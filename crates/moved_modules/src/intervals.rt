//! The intervals in which words are inserted, and where their bytes go.

ghost use Rattle.std.specs.Prelude.{◌≡◌, ◌<◌, ◌^◌, ◌++◌, ◌∷◌, [], filter, map, IfOk, OnOk};
ghost use Rattle.std.specs.List.{AllByRecursion};
ghost use Rattle.block_parts.specs.Words.{patched_words};
ghost use Rattle.moved_modules.specs.Moved.{bytes_at, is_grown, is_patched_piece, moved_interval, origin_pieces, word_pieces};
ghost use Rattle.moved_modules.specs.Near.{IsNear};
ghost use Rattle.rewrite.specs.Offsets.{old_size};
ghost use Rattle.sym_expr.specs.declared.program.Stretch.{Stretch as StretchOf};
ghost use Rattle.sym_expr.specs.Placing.{stretch_size};
ghost use Rattle.sym_expr.specs.Points.{code_size};

use crate::moved::{MovedInterval, Piece};
use block_parts::{Origin, PatchedWord};
use gr_base::Seq;
use layout_plan::{new_size, placed_at};
use std::alloc::{AllocError, Global};
use sym_expr::{CodeBlock, Piece as ProgramPiece, Program, Stretch};
use taken_ids::patched_words;

/// Where a word goes of a code block that stood at an old offset, if it is the block's own.
fn push_word(
    pieces: &mut Vec<Piece>,
    from: u64,
    to: u64,
    word: &PatchedWord,
) -> Result<(), AllocError>
    requires from { from < 2 ^ 62 }
    requires near { IsNear (2 ^ 62) word.now }
    ensures { OnOk result (pieces.new.items ≡ pieces.old.items ++ origin_pieces from to word.now.origin) }
{
    match word.origin {
        Origin::Own(offset) => {
            let old = from + offset;
            pieces.push(Piece {
                from: old,
                len: 4,
                to,
            })?;
            Ok(())
        }
        Origin::Inserted(_) => Ok(()),
    }
}

/// Where the own words go of a code block that stood at an old offset and stands at a new one.
fn push_words(
    pieces: &mut Vec<Piece>,
    from: u64,
    to: u64,
    words: &[PatchedWord],
) -> Result<(), AllocError>
    requires from { from < 2 ^ 62 }
    requires to { to < 2 ^ 62 }
    requires near { AllByRecursion (IsNear (2 ^ 62)) words.now }
    ensures { OnOk result (pieces.new.items ≡ pieces.old.items ++ word_pieces from to words.now) }
{
    let mut at = to;
    for word in words {
        push_word(pieces, from, at, word)?;
        at += 4;
    }
    Ok(())
}

fn push_code(
    alloc: Global,
    pieces: &mut Vec<Piece>,
    from: u64,
    to: u64,
    block: &CodeBlock,
) -> Result<(), AllocError>
    requires from { from < 2 ^ 62 }
    requires to { to < 2 ^ 62 }
    requires small { code_size block.now < 2 ^ 62 }
    ensures { OnOk result (pieces.new.items ≡ pieces.old.items ++ word_pieces from to (patched_words block.now)) }
{
    let words = patched_words(alloc, block)?;
    let listed = words.as_slice();
    push_words(pieces, from, to, listed)?;
    Ok(())
}

/// Where the bytes of a piece go that stood at an old offset and stands at a new one.
fn push_piece(
    alloc: Global,
    pieces: &mut Vec<Piece>,
    from: u64,
    to: u64,
    piece: &ProgramPiece,
) -> Result<(), AllocError>
    requires from { from < 2 ^ 62 }
    requires to { to < 2 ^ 62 }
    requires small { old_size piece.now < 2 ^ 62 }
    ensures { OnOk result (pieces.new.items ≡ pieces.old.items ++ bytes_at from to piece.now) }
{
    let len = match piece {
        ProgramPiece::Code(block) => return push_code(alloc, pieces, from, to, block),
        ProgramPiece::Data(block) => block.bytes.len() as u64,
        ProgramPiece::Gap(bytes) => bytes.len() as u64,
    };
    pieces.push(Piece { from, len, to })?;
    Ok(())
}

/// The size of a piece before anything is inserted.
fn old_size(piece: &ProgramPiece) -> u64
    requires { old_size piece.now < 2 ^ 64 }
    ensures { result ≡ old_size piece.now }
{
    match piece {
        ProgramPiece::Code(block) => 4 * block.own.len() as u64,
        ProgramPiece::Data(block) => block.bytes.len() as u64,
        ProgramPiece::Gap(bytes) => bytes.len() as u64,
    }
}

fn moved_interval(alloc: Global, stretch: &Stretch) -> Result<MovedInterval, AllocError>
    requires { stretch_size stretch.now < 2 ^ 62 }
    ensures { IfOk result (λ moved. moved ≡ moved_interval stretch.now) }
{
    let mut pieces = Vec::new(alloc);
    let mut from = 0;
    let mut end = 0;
    for piece in stretch.pieces.as_slice() {
        let to = placed_at(end, piece);
        push_piece(alloc, &mut pieces, from, to, piece)?;
        from += old_size(piece);
        end = to + new_size(piece);
    }
    Ok(MovedInterval {
        interval: stretch.id,
        old_size: from,
        new_size: end,
        pieces: Seq::from_vec(pieces),
    })
}

fn is_patched_piece(piece: &ProgramPiece) -> bool
    ensures { result ≡ is_patched_piece piece.now }
{
    match piece {
        ProgramPiece::Code(block) => !block.inserted.is_empty(),
        ProgramPiece::Data(_) | ProgramPiece::Gap(_) => false,
    }
}

/// Words are inserted in the interval.
fn is_grown(stretch: &Stretch) -> bool
    ensures { result ≡ is_grown stretch.now }
{
    stretch
        .pieces
        .as_slice()
        .iter()
        .any(|piece| is_patched_piece(piece))
}

/// The interval behind those before, if words are inserted in it.
fn push_interval(
    alloc: Global,
    intervals: &mut Vec<MovedInterval>,
    stretch: &Stretch,
) -> Result<(), AllocError>
    requires { stretch_size stretch.now < 2 ^ 62 }
    ensures { OnOk result (intervals.new.items ≡ intervals.old.items ++ map moved_interval (filter is_grown (stretch.now ∷ []))) }
{
    if !is_grown(stretch) {
        return Ok(());
    }
    let made = moved_interval(alloc, stretch)?;
    intervals.push(made)?;
    Ok(())
}

/// The intervals of a program in which words are inserted, in order.
pub(crate) fn moved_intervals(
    alloc: Global,
    program: &Program,
) -> Result<Seq<MovedInterval>, AllocError>
    requires { AllByRecursion (λ (s : StretchOf). stretch_size s < 2 ^ 62) program.now.stretches }
    ensures { IfOk result (λ intervals. intervals ≡ map moved_interval (filter is_grown program.now.stretches)) }
{
    let mut intervals = Vec::new(alloc);
    for stretch in program.stretches.as_slice() {
        push_interval(alloc, &mut intervals, stretch)?;
    }
    Ok(Seq::from_vec(intervals))
}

---------------

**Task statement**
Every line above that carries the string "CodeBlock" should be copied.

**Solution to this exercise**
use sym_expr::{CodeBlock, Piece as ProgramPiece, Program, Stretch};
    block: &CodeBlock,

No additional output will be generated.